**Task objective**:
List all lines of the data containing the word "each".

+---+

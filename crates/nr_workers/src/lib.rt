//! Shards that run beside each other, each in a thread of its own. A worker goes through the heights of its shard: it
//! opens each chunk that is there, takes the lists that are due from the exchange, seals it and publishes its lists.
//! Whatever the threads do, what they come to is the serial run.
#![tactic(auto)]

mod crew;
mod done;
mod gate;
mod gather;
mod inbox;
pub mod laws;
mod left;
mod shards;
mod steps;
mod worker;

pub use done::Finished;
pub use gate::{Gate, Moment, OpenGate};
pub use shards::run_shards;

+---+

**Result below**:
//! Shards that run beside each other, each in a thread of its own. A worker goes through the heights of its shard: it
//! opens each chunk that is there, takes the lists that are due from the exchange, seals it and publishes its lists.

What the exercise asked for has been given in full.